[Task data]

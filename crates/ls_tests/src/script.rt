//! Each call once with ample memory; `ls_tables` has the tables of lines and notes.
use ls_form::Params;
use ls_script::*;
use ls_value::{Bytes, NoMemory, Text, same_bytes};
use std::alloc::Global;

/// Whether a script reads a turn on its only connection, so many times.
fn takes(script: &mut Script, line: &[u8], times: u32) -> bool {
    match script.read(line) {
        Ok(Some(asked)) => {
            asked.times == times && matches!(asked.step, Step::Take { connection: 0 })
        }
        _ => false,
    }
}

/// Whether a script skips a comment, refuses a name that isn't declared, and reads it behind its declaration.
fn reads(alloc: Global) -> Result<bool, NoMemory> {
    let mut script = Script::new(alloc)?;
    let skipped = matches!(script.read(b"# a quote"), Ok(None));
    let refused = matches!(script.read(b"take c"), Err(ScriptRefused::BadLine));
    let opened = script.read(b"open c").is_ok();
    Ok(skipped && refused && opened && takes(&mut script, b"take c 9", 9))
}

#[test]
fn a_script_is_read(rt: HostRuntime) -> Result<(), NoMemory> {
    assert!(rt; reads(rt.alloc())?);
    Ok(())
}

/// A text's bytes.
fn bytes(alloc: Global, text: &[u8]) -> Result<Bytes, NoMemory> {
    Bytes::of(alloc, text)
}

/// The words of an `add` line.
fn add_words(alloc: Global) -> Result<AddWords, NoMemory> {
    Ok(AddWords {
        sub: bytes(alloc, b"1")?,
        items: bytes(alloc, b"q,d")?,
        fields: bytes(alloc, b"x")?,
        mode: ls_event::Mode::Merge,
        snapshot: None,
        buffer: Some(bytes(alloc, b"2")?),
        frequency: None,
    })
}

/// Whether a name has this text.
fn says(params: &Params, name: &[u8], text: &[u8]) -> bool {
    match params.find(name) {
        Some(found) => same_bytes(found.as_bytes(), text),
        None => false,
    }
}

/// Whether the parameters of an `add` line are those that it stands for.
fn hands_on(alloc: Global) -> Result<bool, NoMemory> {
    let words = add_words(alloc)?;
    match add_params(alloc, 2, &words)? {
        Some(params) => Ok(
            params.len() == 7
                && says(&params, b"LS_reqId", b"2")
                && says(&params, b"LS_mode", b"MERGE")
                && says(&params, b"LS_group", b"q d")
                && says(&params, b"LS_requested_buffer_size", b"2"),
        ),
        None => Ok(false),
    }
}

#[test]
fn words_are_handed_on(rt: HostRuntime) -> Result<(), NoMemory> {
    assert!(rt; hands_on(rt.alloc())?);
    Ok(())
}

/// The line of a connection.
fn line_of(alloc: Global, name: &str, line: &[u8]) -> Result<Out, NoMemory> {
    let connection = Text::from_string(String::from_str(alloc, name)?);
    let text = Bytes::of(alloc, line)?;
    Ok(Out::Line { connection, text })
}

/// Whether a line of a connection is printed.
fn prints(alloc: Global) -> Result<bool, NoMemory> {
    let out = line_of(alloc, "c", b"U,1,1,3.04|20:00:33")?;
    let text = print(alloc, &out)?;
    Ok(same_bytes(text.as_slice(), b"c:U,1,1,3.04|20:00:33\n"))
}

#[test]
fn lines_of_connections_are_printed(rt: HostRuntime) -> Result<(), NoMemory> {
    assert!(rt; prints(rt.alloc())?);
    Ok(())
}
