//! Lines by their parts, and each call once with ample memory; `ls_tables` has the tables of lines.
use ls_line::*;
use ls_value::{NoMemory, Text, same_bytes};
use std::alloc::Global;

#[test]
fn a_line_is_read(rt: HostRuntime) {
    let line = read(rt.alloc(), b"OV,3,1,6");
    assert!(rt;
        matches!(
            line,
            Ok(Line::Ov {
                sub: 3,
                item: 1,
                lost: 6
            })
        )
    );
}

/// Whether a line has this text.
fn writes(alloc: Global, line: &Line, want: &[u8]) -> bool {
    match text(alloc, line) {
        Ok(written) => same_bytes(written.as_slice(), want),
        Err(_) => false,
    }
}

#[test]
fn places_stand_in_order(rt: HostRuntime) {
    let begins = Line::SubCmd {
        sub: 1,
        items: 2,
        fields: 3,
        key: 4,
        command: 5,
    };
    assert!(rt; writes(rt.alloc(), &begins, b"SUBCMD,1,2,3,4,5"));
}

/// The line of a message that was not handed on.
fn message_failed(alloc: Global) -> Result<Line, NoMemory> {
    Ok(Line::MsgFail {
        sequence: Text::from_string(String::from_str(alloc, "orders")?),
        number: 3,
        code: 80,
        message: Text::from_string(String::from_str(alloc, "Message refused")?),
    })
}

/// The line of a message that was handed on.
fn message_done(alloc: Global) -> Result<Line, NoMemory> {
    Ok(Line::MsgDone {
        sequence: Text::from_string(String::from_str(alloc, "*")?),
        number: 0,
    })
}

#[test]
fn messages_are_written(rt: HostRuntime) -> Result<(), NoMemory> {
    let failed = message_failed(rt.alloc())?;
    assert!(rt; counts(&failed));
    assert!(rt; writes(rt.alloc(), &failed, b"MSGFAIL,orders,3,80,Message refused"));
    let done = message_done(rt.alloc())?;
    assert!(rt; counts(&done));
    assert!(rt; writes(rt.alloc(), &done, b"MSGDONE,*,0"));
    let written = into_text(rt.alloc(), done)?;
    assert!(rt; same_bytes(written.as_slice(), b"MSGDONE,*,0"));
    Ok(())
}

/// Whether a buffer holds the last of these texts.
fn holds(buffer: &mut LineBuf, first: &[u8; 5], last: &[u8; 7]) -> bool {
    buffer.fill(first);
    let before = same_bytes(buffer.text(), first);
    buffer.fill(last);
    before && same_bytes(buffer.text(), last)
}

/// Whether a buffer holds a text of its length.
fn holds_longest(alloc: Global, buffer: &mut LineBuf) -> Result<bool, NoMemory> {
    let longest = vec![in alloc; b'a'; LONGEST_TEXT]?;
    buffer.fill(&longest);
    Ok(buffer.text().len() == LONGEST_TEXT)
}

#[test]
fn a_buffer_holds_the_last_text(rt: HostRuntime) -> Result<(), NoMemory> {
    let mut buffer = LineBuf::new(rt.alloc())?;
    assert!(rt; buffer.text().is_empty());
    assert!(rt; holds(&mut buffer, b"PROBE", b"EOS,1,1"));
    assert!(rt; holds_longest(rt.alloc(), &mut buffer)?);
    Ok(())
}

[/Task data]

Task to complete: All that belongs in the answer is an exact copy of the lines from the start of the records above through the line with "so many times.".

Solution:
filename crates/ls_tests/src/script.rt
//! Each call once with ample memory; `ls_tables` has the tables of lines and notes.
use ls_form::Params;
use ls_script::*;
use ls_value::{Bytes, NoMemory, Text, same_bytes};
use std::alloc::Global;

/// Whether a script reads a turn on its only connection, so many times.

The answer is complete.